[[ Data provided open ]]

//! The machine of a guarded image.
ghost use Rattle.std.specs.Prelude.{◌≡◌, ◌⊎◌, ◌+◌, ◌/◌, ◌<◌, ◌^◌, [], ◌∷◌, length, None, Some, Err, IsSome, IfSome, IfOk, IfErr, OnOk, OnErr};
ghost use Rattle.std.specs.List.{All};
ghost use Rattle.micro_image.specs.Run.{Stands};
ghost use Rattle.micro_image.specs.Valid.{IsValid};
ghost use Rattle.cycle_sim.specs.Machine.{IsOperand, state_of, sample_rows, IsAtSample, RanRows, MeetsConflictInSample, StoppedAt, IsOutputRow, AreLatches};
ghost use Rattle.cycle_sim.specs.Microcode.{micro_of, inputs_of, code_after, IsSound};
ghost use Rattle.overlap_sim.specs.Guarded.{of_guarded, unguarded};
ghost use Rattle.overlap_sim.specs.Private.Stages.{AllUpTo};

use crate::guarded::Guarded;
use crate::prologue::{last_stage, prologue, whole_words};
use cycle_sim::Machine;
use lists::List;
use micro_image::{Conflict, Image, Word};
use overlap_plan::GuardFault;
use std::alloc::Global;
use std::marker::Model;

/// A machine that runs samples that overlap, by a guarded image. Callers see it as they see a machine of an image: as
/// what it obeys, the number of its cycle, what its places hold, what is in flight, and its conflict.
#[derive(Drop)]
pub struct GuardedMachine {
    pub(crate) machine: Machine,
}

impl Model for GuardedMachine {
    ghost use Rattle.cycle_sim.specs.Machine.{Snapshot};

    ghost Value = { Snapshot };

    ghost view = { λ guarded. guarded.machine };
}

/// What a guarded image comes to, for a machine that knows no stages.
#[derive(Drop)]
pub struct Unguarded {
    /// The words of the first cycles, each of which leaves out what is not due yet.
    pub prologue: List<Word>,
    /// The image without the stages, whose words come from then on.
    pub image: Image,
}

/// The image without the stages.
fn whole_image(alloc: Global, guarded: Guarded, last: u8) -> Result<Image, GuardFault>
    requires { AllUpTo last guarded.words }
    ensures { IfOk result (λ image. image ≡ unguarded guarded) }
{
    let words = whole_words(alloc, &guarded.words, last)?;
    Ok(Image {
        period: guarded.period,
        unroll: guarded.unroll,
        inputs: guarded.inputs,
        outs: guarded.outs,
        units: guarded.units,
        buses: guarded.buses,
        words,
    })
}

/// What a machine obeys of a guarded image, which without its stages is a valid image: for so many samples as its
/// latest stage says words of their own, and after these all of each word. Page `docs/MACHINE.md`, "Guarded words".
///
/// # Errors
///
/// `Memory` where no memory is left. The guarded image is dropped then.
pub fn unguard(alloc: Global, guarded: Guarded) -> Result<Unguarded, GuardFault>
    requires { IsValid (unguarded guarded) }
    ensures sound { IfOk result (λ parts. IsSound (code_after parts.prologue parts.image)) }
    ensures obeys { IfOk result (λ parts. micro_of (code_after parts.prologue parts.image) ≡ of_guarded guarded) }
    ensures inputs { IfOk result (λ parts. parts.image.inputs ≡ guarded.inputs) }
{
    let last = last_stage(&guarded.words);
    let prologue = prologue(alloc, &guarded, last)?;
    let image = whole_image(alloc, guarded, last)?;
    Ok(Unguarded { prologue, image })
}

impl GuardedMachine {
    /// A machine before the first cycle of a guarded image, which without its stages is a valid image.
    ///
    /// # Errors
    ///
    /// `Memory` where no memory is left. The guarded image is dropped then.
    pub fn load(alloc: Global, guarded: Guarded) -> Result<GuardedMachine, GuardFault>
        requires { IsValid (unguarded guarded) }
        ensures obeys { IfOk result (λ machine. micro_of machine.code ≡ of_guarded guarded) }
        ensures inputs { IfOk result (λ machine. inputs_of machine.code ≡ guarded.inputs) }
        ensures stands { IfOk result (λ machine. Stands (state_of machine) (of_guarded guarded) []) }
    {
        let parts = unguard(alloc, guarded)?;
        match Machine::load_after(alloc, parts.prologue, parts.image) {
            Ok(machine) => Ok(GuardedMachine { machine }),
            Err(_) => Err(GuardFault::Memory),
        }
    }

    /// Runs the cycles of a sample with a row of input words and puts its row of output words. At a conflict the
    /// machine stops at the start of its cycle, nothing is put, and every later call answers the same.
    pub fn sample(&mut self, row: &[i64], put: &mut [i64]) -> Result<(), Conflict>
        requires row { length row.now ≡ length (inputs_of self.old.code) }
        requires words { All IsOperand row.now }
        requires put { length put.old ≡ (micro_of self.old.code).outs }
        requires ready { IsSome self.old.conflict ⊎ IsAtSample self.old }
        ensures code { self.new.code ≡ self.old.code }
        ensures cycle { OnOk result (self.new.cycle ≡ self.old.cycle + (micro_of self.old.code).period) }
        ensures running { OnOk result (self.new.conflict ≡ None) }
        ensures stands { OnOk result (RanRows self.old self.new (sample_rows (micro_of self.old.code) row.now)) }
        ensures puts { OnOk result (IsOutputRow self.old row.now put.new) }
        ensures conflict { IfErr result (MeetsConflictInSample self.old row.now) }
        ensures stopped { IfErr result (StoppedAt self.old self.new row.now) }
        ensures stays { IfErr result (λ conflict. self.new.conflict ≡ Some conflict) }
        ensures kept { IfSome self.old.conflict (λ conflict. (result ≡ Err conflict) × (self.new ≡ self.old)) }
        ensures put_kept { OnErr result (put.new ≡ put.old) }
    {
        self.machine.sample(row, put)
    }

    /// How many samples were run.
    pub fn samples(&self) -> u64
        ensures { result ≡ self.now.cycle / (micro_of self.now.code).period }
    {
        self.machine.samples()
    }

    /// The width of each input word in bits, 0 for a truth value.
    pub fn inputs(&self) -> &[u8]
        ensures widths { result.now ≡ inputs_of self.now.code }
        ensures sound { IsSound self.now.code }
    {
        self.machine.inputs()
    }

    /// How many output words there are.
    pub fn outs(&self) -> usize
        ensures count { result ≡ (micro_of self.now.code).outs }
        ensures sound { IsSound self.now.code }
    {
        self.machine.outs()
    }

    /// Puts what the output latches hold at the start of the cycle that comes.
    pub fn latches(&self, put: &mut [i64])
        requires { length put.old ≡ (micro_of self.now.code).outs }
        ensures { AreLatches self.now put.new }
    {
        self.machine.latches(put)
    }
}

[[ Data provided closed ]]

**How to complete this task:**
Lines to set down from above: the line with "use lists::List;", the line with "pub fn unguard(alloc: Global, guarded: Guarded)", and every line between, each exactly as written.

**Response box:**
use lists::List;
use micro_image::{Conflict, Image, Word};
use overlap_plan::GuardFault;
use std::alloc::Global;
use std::marker::Model;

/// A machine that runs samples that overlap, by a guarded image. Callers see it as they see a machine of an image: as
/// what it obeys, the number of its cycle, what its places hold, what is in flight, and its conflict.
#[derive(Drop)]
pub struct GuardedMachine {
    pub(crate) machine: Machine,
}

impl Model for GuardedMachine {
    ghost use Rattle.cycle_sim.specs.Machine.{Snapshot};

    ghost Value = { Snapshot };

    ghost view = { λ guarded. guarded.machine };
}

/// What a guarded image comes to, for a machine that knows no stages.
#[derive(Drop)]
pub struct Unguarded {
    /// The words of the first cycles, each of which leaves out what is not due yet.
    pub prologue: List<Word>,
    /// The image without the stages, whose words come from then on.
    pub image: Image,
}

/// The image without the stages.
fn whole_image(alloc: Global, guarded: Guarded, last: u8) -> Result<Image, GuardFault>
    requires { AllUpTo last guarded.words }
    ensures { IfOk result (λ image. image ≡ unguarded guarded) }
{
    let words = whole_words(alloc, &guarded.words, last)?;
    Ok(Image {
        period: guarded.period,
        unroll: guarded.unroll,
        inputs: guarded.inputs,
        outs: guarded.outs,
        units: guarded.units,
        buses: guarded.buses,
        words,
    })
}

/// What a machine obeys of a guarded image, which without its stages is a valid image: for so many samples as its
/// latest stage says words of their own, and after these all of each word. Page `docs/MACHINE.md`, "Guarded words".
///
/// # Errors
///
/// `Memory` where no memory is left. The guarded image is dropped then.
pub fn unguard(alloc: Global, guarded: Guarded) -> Result<Unguarded, GuardFault>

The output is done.